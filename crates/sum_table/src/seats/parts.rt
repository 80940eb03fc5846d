//! How a seat's view is cut in two, and how two views are made one.
ghost use Rattle.std.specs.Prelude.{ℕ};
ghost use Rattle.sum_table.specs.Cuts.{both_of, part_of, spent_view, with_places, without_places};

use crate::view::View;
use atomic_table::{Join, Split};
use std::marker::{Brand, PhantomData};

/// The first seat becomes the player's, and the other one has all places.
pub(super) struct Deal;

impl Split<View> for Deal {
    ghost left = { λ v. with_places v 0 };

    ghost right = { λ v. part_of v v.places };
}

/// A number of places that a type represents, in proofs alone.
pub(super) trait Amount {
    ghost amount: { ℕ };
}

impl Amount for Brand {
    ghost amount = { 0 };
}

/// Some places go to the new seat.
pub(super) struct Part<B> {
    amount: PhantomData<B>,
}

impl<B: Amount> Split<View> for Part<B> {
    ghost left = { λ v. without_places v B.amount };

    ghost right = { λ v. part_of v B.amount };
}

/// The new seat gets no place: it is a note of what the other one has seen.
pub(super) struct Copied;

impl Split<View> for Copied {
    ghost left = { λ v. v };

    ghost right = { λ v. part_of v 0 };
}

/// One seat takes over what the other one is and has.
pub(super) struct Both;

impl Join<View> for Both {
    ghost both = { both_of };

    ghost spent = { spent_view };
}
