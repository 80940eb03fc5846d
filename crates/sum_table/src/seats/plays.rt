//! What each kind of step on the words shows the seat that makes it.
ghost use Rattle.sum_table.specs.Steps.{word_exchange, quiet_load, position_load, word_load, position_store, word_take, unplug_store};

use crate::view::View;
use atomic_table::Play;
use mix_core::Entry;

/// A load of the position.
pub(super) struct Locate;

impl Play<Entry, View> for Locate {
    ghost then = { position_load };
}

/// A load of the word of a slot and channel.
pub(super) struct Look;

impl Play<Entry, View> for Look {
    ghost then = { word_load };
}

/// A compare-exchange on the word of a slot and channel, with the entry that it places.
pub(super) struct Exchange;

impl Play<Entry, View> for Exchange {
    ghost then = { word_exchange };
}

/// The player's swap on the next word.
pub(super) struct Take;

impl Play<Entry, View> for Take {
    ghost then = { word_take };
}

/// The player's store of its position.
pub(super) struct Publish;

impl Play<Entry, View> for Publish {
    ghost then = { position_store };
}

/// The player's store that says that the card is gone.
pub(super) struct Unplug;

impl Play<Entry, View> for Unplug {
    ghost then = { unplug_store };
}

/// A load of the position that notes nothing: it gives what the rule says of the seat's view.
pub(super) struct Learn;

impl Play<Entry, View> for Learn {
    ghost then = { quiet_load };
}
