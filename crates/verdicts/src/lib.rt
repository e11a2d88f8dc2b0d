// Theorems on runs and their verdicts, and the marked examples; no code.
#![tactic(auto)]
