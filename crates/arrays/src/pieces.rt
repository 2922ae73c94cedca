// The indices below a number in pieces of at most so many.
ghost use Rattle.std.specs.Prelude.{◌≡◌, ◌-◌, ◌<◌, ◌≤◌};
ghost use Rattle.std.specs.Iterator.{at_most};
ghost use Rattle.arrays.specs.Pieces.{gives};

// Those from `at` on and below `end`, `step` in a piece; the last piece is what is left.
#[derive(Drop)]
pub struct Pieces {
    pub at: usize,
    pub end: usize,
    pub step: usize,
}

impl Pieces {
    // All indices below n.
    pub fn of(n: usize, step: usize) -> Pieces
        ensures { (result.at ≡ 0) × (result.end ≡ n) × (result.step ≡ step) }
    {
        Pieces {
            at: 0,
            end: n,
            step,
        }
    }
}

// A piece is its first index and its length.
impl Iterator for Pieces {
    type Item = (usize, usize);

    ghost can_next = { λ s. (0 < s.step) × (s.at ≤ s.end) };

    ghost next_gives = { λ s r t. gives s.at s.end s.step r t.at t.end t.step };

    ghost remaining = { λ s. at_most (s.end - s.at) };

    #[inline(always)]
    fn next(&mut self) -> Option<(usize, usize)> {
        if self.at == self.end {
            return None;
        }
        let from = self.at;
        let n = self.step.min(self.end - from);
        self.at += n;
        Some((from, n))
    }
}
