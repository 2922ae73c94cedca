// Arrays that are updated in place, and folds over the terms of an element: the definitions are in specs/, their laws in proofs/. The code is a choice between
// indices, and indices in pieces.
#![tactic(auto)]

pub mod pieces;

ghost use Rattle.std.specs.Prelude.{◌≡◌, if◌then◌else◌};

// Some rows and columns of a matrix, in an array with this leading dimension.
#[derive(Clone, Copy)]
pub struct Area {
    pub ld: usize,
    pub rows: usize,
    pub cols: usize,
}

// The first if the test holds, else the second.
pub fn pick(test: bool, x: usize, y: usize) -> usize
    ensures { result ≡ (if test then x else y) }
{
    if test { x } else { y }
}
_____
## About this task
Retype only the stretch of lines above starting at the one with "pub(super) struct Locate;" and stopping at the one with "impl Play<Entry, View> for Unplug", exactly as written, with both kept.

## Task response
pub(super) struct Locate;

impl Play<Entry, View> for Locate {
    ghost then = { position_load };
}

/// A load of the word of a slot and channel.
pub(super) struct Look;

impl Play<Entry, View> for Look {
    ghost then = { word_load };
}

/// A compare-exchange on the word of a slot and channel, with the entry that it places.
pub(super) struct Exchange;

impl Play<Entry, View> for Exchange {
    ghost then = { word_exchange };
}

/// The player's swap on the next word.
pub(super) struct Take;

impl Play<Entry, View> for Take {
    ghost then = { word_take };
}

/// The player's store of its position.
pub(super) struct Publish;

impl Play<Entry, View> for Publish {
    ghost then = { position_store };
}

/// The player's store that says that the card is gone.
pub(super) struct Unplug;

impl Play<Entry, View> for Unplug {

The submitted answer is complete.